▸ MATERIALS PROVIDED
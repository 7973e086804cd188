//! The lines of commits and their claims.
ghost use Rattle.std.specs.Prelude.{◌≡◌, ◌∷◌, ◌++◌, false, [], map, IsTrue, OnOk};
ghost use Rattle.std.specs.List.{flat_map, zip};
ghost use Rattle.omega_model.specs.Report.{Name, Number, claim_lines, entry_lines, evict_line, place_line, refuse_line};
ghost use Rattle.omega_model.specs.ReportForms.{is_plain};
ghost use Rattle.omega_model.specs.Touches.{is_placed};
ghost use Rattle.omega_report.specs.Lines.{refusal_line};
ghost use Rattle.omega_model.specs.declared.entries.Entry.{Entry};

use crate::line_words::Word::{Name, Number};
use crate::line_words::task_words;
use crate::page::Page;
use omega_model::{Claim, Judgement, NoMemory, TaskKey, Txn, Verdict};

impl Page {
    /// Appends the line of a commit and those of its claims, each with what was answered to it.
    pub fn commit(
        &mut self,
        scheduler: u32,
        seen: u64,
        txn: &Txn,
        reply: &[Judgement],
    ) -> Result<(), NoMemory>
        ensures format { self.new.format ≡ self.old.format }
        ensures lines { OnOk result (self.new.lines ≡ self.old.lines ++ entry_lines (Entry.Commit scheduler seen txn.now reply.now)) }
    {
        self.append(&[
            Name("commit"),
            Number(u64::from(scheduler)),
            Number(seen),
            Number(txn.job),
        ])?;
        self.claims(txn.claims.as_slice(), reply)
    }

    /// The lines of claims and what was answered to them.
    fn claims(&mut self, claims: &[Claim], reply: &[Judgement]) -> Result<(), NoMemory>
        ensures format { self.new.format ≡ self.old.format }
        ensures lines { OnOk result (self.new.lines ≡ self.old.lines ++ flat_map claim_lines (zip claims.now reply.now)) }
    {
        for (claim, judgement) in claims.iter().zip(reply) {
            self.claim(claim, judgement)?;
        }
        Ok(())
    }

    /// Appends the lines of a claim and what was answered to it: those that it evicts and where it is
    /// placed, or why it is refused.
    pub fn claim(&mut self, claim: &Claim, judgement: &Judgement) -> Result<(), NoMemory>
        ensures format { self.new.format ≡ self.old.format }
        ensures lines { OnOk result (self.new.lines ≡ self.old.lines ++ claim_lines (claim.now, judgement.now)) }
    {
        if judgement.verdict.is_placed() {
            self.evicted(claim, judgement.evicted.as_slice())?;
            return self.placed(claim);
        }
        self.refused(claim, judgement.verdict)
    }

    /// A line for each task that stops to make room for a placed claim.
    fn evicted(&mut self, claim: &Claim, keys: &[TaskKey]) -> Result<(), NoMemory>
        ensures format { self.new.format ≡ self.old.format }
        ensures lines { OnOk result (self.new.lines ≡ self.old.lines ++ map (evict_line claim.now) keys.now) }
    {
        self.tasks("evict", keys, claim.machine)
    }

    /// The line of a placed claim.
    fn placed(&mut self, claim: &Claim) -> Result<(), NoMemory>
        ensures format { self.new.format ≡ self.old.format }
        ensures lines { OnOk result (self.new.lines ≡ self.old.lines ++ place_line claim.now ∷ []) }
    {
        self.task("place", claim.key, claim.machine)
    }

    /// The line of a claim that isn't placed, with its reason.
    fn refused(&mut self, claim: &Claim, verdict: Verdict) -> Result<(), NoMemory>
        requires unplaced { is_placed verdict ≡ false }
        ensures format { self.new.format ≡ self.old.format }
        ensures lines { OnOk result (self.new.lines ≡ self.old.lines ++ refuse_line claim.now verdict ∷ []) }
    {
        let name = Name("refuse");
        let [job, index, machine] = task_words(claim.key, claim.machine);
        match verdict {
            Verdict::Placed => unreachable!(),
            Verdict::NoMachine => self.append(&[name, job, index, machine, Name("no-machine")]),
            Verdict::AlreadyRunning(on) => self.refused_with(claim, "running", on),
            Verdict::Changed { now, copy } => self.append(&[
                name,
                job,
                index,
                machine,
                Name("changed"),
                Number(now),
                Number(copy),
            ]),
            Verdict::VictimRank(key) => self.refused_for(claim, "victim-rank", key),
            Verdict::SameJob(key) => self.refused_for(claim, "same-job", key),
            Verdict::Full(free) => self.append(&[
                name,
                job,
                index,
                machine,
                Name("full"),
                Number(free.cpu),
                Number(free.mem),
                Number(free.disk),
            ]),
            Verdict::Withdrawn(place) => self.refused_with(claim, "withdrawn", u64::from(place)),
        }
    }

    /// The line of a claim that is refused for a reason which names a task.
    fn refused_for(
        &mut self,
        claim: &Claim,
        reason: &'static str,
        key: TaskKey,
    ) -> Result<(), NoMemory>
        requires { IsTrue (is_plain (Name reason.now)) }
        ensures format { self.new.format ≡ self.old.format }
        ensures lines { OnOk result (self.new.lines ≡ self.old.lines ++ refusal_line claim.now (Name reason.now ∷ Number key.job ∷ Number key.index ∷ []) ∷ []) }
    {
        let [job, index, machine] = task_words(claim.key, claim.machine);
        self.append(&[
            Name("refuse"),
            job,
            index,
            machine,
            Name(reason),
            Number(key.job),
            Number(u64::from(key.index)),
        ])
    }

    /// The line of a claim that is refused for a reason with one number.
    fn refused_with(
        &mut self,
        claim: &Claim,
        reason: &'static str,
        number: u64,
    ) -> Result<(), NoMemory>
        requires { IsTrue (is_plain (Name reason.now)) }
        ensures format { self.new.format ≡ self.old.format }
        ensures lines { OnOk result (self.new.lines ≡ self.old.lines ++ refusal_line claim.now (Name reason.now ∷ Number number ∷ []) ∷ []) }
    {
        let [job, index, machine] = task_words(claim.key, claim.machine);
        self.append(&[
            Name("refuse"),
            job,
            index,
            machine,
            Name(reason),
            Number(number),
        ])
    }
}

--

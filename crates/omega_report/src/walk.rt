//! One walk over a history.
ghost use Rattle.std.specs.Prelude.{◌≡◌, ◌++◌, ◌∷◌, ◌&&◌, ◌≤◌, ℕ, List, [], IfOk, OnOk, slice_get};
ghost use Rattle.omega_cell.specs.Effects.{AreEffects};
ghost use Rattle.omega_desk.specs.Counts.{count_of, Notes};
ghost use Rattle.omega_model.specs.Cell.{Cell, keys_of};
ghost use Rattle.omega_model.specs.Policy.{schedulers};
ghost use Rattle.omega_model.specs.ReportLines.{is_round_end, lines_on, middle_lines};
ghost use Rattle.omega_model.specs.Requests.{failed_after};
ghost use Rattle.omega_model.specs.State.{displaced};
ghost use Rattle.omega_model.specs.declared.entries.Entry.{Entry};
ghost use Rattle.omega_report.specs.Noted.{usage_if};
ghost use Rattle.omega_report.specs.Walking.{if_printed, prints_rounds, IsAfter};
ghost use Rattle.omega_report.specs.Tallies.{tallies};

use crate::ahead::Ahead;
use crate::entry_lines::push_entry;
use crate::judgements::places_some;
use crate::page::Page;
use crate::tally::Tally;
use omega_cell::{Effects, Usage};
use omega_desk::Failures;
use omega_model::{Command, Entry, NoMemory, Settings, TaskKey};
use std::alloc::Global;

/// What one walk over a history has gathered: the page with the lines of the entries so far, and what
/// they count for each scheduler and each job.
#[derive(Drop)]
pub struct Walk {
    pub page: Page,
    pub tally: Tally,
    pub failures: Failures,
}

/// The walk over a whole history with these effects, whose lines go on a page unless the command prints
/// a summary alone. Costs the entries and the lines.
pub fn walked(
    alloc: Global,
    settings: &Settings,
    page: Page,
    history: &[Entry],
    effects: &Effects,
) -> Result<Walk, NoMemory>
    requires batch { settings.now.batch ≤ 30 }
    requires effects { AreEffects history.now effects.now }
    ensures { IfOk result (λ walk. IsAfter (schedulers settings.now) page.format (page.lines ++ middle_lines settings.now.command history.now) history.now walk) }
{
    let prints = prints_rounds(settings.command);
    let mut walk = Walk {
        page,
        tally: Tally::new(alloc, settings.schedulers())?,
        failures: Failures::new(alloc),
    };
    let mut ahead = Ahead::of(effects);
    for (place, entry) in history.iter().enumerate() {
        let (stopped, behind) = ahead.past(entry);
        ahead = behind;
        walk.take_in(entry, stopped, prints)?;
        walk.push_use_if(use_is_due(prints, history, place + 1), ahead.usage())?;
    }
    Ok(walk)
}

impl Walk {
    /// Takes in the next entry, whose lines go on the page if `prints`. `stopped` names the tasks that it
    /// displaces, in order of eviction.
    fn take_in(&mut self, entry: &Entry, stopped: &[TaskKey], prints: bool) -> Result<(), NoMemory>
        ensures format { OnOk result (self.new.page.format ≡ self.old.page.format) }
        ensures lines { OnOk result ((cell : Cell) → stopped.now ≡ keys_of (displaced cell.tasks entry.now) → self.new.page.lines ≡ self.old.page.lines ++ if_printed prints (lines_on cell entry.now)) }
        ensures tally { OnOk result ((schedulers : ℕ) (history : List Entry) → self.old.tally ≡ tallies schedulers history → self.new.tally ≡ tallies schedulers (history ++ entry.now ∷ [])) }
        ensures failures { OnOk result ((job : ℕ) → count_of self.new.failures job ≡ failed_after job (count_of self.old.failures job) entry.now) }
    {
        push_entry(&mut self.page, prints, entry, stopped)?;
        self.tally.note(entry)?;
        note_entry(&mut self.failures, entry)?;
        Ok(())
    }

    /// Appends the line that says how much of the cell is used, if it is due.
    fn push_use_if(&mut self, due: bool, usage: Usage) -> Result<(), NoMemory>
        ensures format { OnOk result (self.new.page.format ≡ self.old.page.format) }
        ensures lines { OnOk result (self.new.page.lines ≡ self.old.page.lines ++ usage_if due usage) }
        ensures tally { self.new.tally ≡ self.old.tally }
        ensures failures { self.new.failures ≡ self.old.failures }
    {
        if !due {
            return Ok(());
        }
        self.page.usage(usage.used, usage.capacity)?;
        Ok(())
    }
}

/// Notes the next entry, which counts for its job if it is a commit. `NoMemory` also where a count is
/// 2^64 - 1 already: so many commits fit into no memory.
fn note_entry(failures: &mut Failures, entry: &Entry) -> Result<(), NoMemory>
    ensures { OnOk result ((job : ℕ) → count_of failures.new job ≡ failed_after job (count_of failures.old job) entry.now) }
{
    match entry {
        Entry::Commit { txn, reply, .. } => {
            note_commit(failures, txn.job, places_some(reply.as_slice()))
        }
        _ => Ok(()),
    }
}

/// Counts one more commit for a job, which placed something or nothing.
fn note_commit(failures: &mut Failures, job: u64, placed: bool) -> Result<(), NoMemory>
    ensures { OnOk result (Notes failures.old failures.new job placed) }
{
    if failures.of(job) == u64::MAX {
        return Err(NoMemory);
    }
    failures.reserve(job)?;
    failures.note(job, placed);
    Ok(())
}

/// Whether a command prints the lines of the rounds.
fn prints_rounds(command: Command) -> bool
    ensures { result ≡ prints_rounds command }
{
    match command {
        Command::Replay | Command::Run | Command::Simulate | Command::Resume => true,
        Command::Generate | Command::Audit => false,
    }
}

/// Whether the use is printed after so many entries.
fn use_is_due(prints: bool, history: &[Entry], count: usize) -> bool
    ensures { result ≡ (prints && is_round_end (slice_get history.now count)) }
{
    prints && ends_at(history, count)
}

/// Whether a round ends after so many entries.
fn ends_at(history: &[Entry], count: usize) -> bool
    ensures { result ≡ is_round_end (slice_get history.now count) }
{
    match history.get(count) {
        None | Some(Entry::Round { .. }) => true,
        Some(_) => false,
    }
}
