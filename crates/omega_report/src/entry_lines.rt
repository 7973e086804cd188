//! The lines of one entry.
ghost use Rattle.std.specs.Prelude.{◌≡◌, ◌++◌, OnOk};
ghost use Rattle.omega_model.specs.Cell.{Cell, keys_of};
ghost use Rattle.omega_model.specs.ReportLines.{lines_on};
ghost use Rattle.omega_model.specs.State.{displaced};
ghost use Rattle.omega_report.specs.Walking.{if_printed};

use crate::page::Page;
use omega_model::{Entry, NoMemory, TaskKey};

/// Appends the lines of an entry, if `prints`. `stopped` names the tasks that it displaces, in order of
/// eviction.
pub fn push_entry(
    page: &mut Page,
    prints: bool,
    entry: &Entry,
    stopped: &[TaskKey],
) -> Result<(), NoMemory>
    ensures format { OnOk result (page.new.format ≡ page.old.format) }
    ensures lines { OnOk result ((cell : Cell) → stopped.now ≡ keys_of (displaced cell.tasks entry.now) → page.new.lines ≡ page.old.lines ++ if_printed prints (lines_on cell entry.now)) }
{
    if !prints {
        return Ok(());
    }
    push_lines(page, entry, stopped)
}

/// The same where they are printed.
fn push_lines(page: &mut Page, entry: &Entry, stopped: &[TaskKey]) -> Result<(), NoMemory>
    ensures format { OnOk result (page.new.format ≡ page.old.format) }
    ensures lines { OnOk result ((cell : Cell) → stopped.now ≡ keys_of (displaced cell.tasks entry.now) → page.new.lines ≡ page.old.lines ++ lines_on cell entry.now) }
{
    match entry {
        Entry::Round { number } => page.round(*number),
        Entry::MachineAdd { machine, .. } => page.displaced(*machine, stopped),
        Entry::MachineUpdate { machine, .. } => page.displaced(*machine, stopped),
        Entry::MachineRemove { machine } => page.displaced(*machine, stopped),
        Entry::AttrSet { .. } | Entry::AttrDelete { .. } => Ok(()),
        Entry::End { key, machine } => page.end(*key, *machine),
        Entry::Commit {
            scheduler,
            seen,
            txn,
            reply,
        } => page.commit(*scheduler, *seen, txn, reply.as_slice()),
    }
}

...

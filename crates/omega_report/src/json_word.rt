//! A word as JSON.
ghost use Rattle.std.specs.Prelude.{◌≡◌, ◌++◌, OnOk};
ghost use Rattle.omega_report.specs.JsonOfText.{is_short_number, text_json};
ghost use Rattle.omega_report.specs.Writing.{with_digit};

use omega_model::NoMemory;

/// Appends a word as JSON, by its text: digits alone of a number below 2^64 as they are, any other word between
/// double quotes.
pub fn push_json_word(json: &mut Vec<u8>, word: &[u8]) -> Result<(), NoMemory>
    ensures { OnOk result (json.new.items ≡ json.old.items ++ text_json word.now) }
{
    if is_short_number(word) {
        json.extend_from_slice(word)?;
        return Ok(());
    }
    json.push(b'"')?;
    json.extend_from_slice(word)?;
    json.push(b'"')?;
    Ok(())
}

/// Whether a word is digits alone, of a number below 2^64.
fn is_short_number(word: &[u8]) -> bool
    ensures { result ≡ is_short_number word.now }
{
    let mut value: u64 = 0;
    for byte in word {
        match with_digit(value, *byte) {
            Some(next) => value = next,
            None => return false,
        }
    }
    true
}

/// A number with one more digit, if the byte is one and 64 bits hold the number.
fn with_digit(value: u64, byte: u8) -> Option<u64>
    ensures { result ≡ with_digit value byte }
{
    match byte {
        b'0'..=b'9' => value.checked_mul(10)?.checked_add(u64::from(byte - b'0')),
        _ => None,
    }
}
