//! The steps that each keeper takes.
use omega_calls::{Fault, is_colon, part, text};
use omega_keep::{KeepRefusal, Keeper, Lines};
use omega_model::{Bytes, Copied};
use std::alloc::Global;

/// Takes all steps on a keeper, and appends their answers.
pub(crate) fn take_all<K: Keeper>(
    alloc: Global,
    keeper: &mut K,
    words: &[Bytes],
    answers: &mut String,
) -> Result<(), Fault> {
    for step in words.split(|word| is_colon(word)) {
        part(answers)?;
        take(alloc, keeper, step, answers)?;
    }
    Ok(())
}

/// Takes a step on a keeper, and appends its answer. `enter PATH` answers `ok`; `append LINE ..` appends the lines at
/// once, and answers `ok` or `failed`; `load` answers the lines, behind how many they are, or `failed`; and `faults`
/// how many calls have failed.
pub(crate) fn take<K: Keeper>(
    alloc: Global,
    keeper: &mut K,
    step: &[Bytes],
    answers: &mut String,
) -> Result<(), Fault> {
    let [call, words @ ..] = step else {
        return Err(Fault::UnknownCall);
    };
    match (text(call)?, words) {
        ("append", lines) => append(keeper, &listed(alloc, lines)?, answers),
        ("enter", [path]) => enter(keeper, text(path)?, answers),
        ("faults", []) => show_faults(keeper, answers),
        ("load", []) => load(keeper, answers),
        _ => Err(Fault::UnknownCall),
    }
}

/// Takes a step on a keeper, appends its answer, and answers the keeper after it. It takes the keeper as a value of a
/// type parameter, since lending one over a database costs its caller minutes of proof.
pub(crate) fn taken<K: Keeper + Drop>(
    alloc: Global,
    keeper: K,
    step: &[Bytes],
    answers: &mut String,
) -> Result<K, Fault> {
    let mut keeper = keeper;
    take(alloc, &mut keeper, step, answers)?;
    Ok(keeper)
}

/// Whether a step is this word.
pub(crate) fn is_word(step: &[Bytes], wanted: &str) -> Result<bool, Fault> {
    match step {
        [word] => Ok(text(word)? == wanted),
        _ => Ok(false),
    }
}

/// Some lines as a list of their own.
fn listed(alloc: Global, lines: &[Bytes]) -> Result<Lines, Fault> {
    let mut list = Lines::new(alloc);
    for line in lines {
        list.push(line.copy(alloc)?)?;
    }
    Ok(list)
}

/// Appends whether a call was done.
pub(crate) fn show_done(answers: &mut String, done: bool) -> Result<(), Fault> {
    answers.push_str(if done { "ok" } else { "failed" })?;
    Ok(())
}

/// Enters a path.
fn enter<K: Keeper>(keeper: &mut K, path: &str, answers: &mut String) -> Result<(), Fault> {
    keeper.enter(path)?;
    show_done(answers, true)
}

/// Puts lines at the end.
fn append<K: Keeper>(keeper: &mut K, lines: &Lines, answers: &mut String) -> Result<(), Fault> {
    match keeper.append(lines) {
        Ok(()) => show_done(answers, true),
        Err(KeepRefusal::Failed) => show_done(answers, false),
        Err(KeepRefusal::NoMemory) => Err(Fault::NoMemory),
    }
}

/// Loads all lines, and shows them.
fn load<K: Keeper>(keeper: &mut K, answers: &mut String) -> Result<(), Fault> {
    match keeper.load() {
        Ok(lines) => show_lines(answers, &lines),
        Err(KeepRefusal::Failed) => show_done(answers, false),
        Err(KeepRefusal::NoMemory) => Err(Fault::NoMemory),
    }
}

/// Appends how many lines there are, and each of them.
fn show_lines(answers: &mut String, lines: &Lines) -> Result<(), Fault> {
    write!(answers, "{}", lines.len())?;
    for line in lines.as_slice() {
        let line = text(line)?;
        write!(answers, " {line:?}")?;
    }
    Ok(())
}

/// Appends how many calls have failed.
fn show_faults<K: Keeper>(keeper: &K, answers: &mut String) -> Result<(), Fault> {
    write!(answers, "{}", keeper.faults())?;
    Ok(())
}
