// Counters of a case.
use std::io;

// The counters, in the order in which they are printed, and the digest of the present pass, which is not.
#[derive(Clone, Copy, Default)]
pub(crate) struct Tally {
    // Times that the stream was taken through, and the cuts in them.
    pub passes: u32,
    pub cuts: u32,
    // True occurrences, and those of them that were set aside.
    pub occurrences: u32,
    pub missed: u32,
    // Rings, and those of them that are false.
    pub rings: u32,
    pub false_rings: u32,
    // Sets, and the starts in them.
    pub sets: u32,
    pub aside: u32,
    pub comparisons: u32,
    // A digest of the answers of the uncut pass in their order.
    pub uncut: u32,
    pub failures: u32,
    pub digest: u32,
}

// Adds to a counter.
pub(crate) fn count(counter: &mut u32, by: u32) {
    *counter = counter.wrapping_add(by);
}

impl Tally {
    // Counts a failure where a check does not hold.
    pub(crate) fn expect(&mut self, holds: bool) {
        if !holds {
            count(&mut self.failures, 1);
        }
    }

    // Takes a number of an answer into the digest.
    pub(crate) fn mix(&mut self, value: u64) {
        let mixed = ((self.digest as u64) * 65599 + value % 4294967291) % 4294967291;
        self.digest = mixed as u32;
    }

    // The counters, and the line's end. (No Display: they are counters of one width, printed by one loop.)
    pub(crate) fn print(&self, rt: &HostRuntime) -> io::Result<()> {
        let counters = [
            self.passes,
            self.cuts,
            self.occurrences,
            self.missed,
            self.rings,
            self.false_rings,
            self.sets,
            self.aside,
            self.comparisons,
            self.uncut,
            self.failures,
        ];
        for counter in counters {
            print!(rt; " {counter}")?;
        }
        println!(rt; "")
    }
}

▸ TASK PROMPT
Pull from the data each line where the string "value" turns up.

▸ EXERCISE ANSWER
    let mut value: u64 = 0;
        match with_digit(value, *byte) {
            Some(next) => value = next,
fn with_digit(value: u64, byte: u8) -> Option<u64>
    ensures { result ≡ with_digit value byte }
        b'0'..=b'9' => value.checked_mul(10)?.checked_add(u64::from(byte - b'0')),
/// Takes a step on a keeper, appends its answer, and answers the keeper after it. It takes the keeper as a value of a
    pub(crate) fn mix(&mut self, value: u64) {
        let mixed = ((self.digest as u64) * 65599 + value % 4294967291) % 4294967291;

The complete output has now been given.